Las Vegas Sun

April 16, 2024

UMC labor contract is rejected over issue of longevity pay

UMC

Sam Morris

The entrance to University Medical Center’s trauma unit and emergency room is shown in 2009.

A divided Clark County Commission rejected a collective bargaining agreement covering 85 percent of University Medical Center’s workforce today over concerns about the inclusion of longevity pay for new hires, a benefit that is paid out to long-term employees.

The issue: Clark County commissioners considered a new three-year collective bargaining agreement for nurses and other nonmanagement staff at University Medical Center.

The vote: A motion to approve the contract failed 3 to 4, with Commissioners Steve Sisolak, Larry Brown, Susan Brager and Mary Beth Scow in opposition.

What it means: Hospital management and union representatives are headed back to the bargaining table to negotiate a revised contract that can gain majority support from commissioners.

The proposed deal presented Tuesday covered 3,365 employees at UMC through July 1, 2016, and included a series of three cost-of-living increases of 1.5 percent and 2 percent spread out over the life of the contract. The cost-of-living increases were expected to cost the county about $10.9 million.

Although commissioners were supportive of the cost-of-living increases, several took issue with the continuation of longevity pay for new hires at the hospital.

Longevity pay had been a common benefit added to collective bargaining agreements that rewarded long-term employees. In UMC’s current contract, full-time employees receive a an annual longevity payment worth 0.57 percent of their salary after eight years working at the hospital.
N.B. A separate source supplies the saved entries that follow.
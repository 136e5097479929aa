//! Packets by themselves: their timestamps (rule A2) and their numbers (rule A3).

ghost use Rattle.std.specs.Prelude.{◌≡◌, ◌<◌, ◌==◌, length, get_or};
ghost use Rattle.mmt_admit.specs.Faults.{as_fault, PacketsFit};
ghost use Rattle.mmt_model.specs.Admission.{fault_of_gap, fault_of_number, first_below, or_else, unless as fault_unless};
ghost use Rattle.mmt_model.specs.Survival.{no_packet};

use crate::answers::{NotAdmitted, Rule, unless};
use crate::gaps::gap_by;
use crate::reads::{id_at, number_at};
use mmt_model::Sent;

/// The first faults of packets by themselves.
#[derive(Clone, Copy, Debug)]
pub(crate) struct PacketFaults {
    /// Of a timestamp after the one before it (rule A2).
    pub gap: Option<NotAdmitted>,
    /// Of a number that is not the count of earlier packets of its packet id (rule A3).
    pub number: Option<NotAdmitted>,
}

// The first fault of a number so far, or else that of a packet's number, by the count of earlier packets of
// its packet id.
fn number_by(
    packets: &[Sent],
    n: usize,
    count: u32,
    so_far: Option<NotAdmitted>,
) -> Option<NotAdmitted>
    requires fit { PacketsFit packets.now }
    requires place { n < length packets.now }
    ensures { as_fault result ≡ or_else (as_fault so_far)
        (fault_unless ((get_or packets.now n no_packet).number == count) 3 n (get_or packets.now n no_packet).number count) }
{
    let number = number_at(packets, n);
    match so_far {
        Some(_) => so_far,
        None => unless(
            number == count,
            Rule::A3,
            n as u32,
            number as u64,
            count as u64,
        ),
    }
}

/// The first faults of packets by themselves, in one walk. It keeps a count for each packet id.
pub(crate) fn packet_faults(packets: &[Sent]) -> PacketFaults
    requires { PacketsFit packets.now }
    ensures gap { as_fault result.gap ≡ first_below (fault_of_gap packets.now) (length packets.now) }
    ensures number { as_fault result.number ≡ first_below (fault_of_number packets.now) (length packets.now) }
{
    let mut counts = [0u32; 65536];
    let mut gap = None;
    let mut number = None;
    for n in 0..packets.len() {
        gap = gap_by(packets, n, gap);
        let id = id_at(packets, n) as usize;
        let count = counts[id];
        number = number_by(packets, n, count, number);
        counts[id] = count + 1;
    }
    PacketFaults { gap, number }
}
But the county has made a practice of phasing out longevity benefits in more recent union contracts, removing the perk for new hires in contracts with at least one dozen bargaining groups since 2002, including the fire department, the district attorney’s office and non-union employees.

Sisolak called longevity an “antiquated benefit that I think has outlived its original stated purpose.”
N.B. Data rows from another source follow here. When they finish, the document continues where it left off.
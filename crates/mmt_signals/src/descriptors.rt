//! Writing the descriptors of an asset's MPUs.

ghost use Rattle.std.specs.Prelude.{◌≡◌, ◌+◌, ◌*◌, ◌<◌, ◌≤◌, ◌++◌, length, map, get_or, take, drop, vec_len, vec_capacity};
ghost use Rattle.std.specs.List.{flat_map};
ghost use Rattle.mmt_cast.specs.Right.{no_mpu};
ghost use Rattle.mmt_cast.specs.SentTables.{pair_of};
ghost use Rattle.mmt_mpt.specs.Descriptor.{descriptor_bytes};
ghost use Rattle.mmt_signals.specs.Named.{FitsIn, HasAll, extended_for, named, named_mpu as mpu_of, stamps_for};
ghost use Rattle.mmt_times.specs.Extended.{au_bytes, mpu_bytes, extended_bytes, extended_tag};
ghost use Rattle.mmt_times.specs.Stamps.{pair_bytes, stamps_bytes, stamps_tag};
ghost use Rattle.mmt_times.specs.Writing.{au_value, written_mpu, written_extended};

use mmt_fields::{put_u8, put_u16, put_u32, put_u64};
use mmt_model::{Asset, Au, Mpu};

/// The tag of an MPU timestamp descriptor (ARIB STD-B60).
const STAMPS_TAG: u16 = 0x0001;

/// The tag of an MPU extended timestamp descriptor.
const EXTENDED_TAG: u16 = 0x8026;

/// The MPU of an asset that a name stands for.
pub(crate) fn named_mpu(asset: &Asset, name: (u32, u32)) -> &Mpu
    requires { name.1 < length asset.now.mpus }
    ensures { result.now ≡ (mpu_of asset.now name).value }
{
    &asset.mpus.as_slice()[name.1 as usize]
}

/// Appends an MPU's number and its presentation time.
#[tactic(auto, using(std::proofs::Common::append_assoc), unfolding(mmt_times::specs::Stamps::pair_bytes))]
fn put_pair(out: &mut Vec<u8>, mpu: &Mpu)
    requires { vec_len out.old + 12 ≤ vec_capacity out.old }
    ensures items { out.new.items ≡ out.old.items ++ pair_bytes (record { mpu = mpu.now.number; time = mpu.now.time.0 }) }
    ensures len { vec_len out.new ≡ vec_len out.old + 12 }
    ensures capacity { vec_capacity out.old ≤ vec_capacity out.new }
{
    put_u32(out, mpu.number);
    put_u64(out, mpu.time.0);
}

/// Appends the numbers and presentation times of the MPUs that are named.
#[tactic(auto, using(std::proofs::Common::append_assoc), unfolding(mmt_times::specs::Stamps::stamps_bytes))]
fn put_pairs(out: &mut Vec<u8>, asset: &Asset, names: &[(u32, u32)])
    requires known { HasAll asset.now names.now }
    requires room { vec_len out.old + 12 * length names.now ≤ vec_capacity out.old }
    ensures items { out.new.items ≡ out.old.items ++ stamps_bytes (map pair_of (named asset.now names.now)) }
    ensures len { vec_len out.new ≡ vec_len out.old + 12 * length names.now }
    ensures capacity { vec_capacity out.old ≤ vec_capacity out.new }
{
    for name in names {
        put_pair(out, named_mpu(asset, *name));
    }
}

/// Appends a timestamp descriptor of at most 21 MPUs (ARIB STD-B60, MPU timestamp descriptor).
#[tactic(auto, using(std::proofs::Common::append_assoc, crate::proofs::Bytes::stamps_are))]
pub(crate) fn put_stamps(out: &mut Vec<u8>, asset: &Asset, names: &[(u32, u32)])
    requires few { length names.now ≤ 21 }
    requires known { HasAll asset.now names.now }
    requires room { vec_len out.old + 3 + 12 * length names.now ≤ vec_capacity out.old }
    ensures items { out.new.items ≡ out.old.items ++ descriptor_bytes (stamps_for asset.now names.now) }
    ensures len { vec_len out.new ≡ vec_len out.old + 3 + 12 * length names.now }
    ensures capacity { vec_capacity out.old ≤ vec_capacity out.new }
{
    put_u16(out, STAMPS_TAG);
    put_u8(out, 12 * names.len() as u8);
    put_pairs(out, asset, names);
}

/// Appends the offsets of an access unit.
#[tactic(auto, using(std::proofs::Common::append_assoc), unfolding(mmt_times::specs::Extended::au_bytes))]
fn put_au(out: &mut Vec<u8>, au: Au)
    requires { vec_len out.old + 4 ≤ vec_capacity out.old }
    ensures items { out.new.items ≡ out.old.items ++ au_bytes (au_value au) }
    ensures len { vec_len out.new ≡ vec_len out.old + 4 }
    ensures capacity { vec_capacity out.old ≤ vec_capacity out.new }
{
    put_u16(out, au.dts_pts);
    put_u16(out, au.pts);
}

/// Appends the offsets of access units.
fn put_aus(out: &mut Vec<u8>, aus: &[Au])
    requires room { vec_len out.old + 4 * length aus.now ≤ vec_capacity out.old }
    ensures items { out.new.items ≡ out.old.items ++ flat_map au_bytes (map au_value aus.now) }
    ensures len { vec_len out.new ≡ vec_len out.old + 4 * length aus.now }
    ensures capacity { vec_capacity out.old ≤ vec_capacity out.new }
{
    for au in aus {
        put_au(out, *au);
    }
}

/// Appends the entry of an MPU, with leap indicator 0 and reserved bits 1.
#[tactic(auto, using(std::proofs::Common::append_assoc), unfolding(mmt_times::specs::Extended::mpu_bytes))]
fn put_entry(out: &mut Vec<u8>, mpu: &Mpu)
    requires few { length mpu.now.aus ≤ 60 }
    requires room { vec_len out.old + 8 + 4 * length mpu.now.aus ≤ vec_capacity out.old }
    ensures items { out.new.items ≡ out.old.items ++ mpu_bytes (written_mpu mpu.now) }
    ensures len { vec_len out.new ≡ vec_len out.old + 8 + 4 * length mpu.now.aus }
    ensures capacity { vec_capacity out.old ≤ vec_capacity out.new }
{
    put_u32(out, mpu.number);
    put_u8(out, 0b11_1111);
    put_u16(out, mpu.decoding_offset);
    put_u8(out, mpu.aus.len() as u8);
    put_aus(out, mpu.aus.as_slice());
}

/// Appends the extended timestamp descriptor of an MPU, of type 2, with the timescale in units a second.
#[tactic(auto, using(std::proofs::Common::append_assoc, crate::proofs::Bytes::extended_are))]
pub(crate) fn put_extended(out: &mut Vec<u8>, timescale: u32, mpu: &Mpu)
    requires few { length mpu.now.aus ≤ 60 }
    requires room { vec_len out.old + 16 + 4 * length mpu.now.aus ≤ vec_capacity out.old }
    ensures items { out.new.items ≡ out.old.items ++ descriptor_bytes (extended_for timescale mpu.now) }
    ensures len { vec_len out.new ≡ vec_len out.old + 16 + 4 * length mpu.now.aus }
    ensures capacity { vec_capacity out.old ≤ vec_capacity out.new }
{
    put_u16(out, EXTENDED_TAG);
    put_u8(out, 13 + 4 * mpu.aus.len() as u8);
    put_u8(out, 0b1111_1101);
    put_u32(out, timescale);
    put_entry(out, mpu);
}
Hospital management and representatives for the Service Employees International Union Local 1107 both supported the deal presented to commissioners, framing longevity as a useful benefit to help retain workers who could seek higher pay at private hospitals.

Brown said he’d like to see the longevity benefit, which costs the hospital about $10 million, eliminated from the contract, with any savings being redirected toward increasing employee salaries to be more competitive with the private sector.

Commissioner Chris Giunchigliani was one of three board members to support the contract, along with Lawrence Weekly and Tom Collins.

Giunchigliani emphasized that employees and hospital management negotiated for the longevity benefit and agreed to keep it in the contract. Although it’s not a perfect solution, she said it’s necessary at least until something can be done about increasing employee salaries.

“That’s the whole point of collective bargaining,” she said. “What works for one group is not necessary for the others. If the others gave (longevity) up that’s their choice for their membership at that time. I think we’ve heard pretty clearly from these folks.”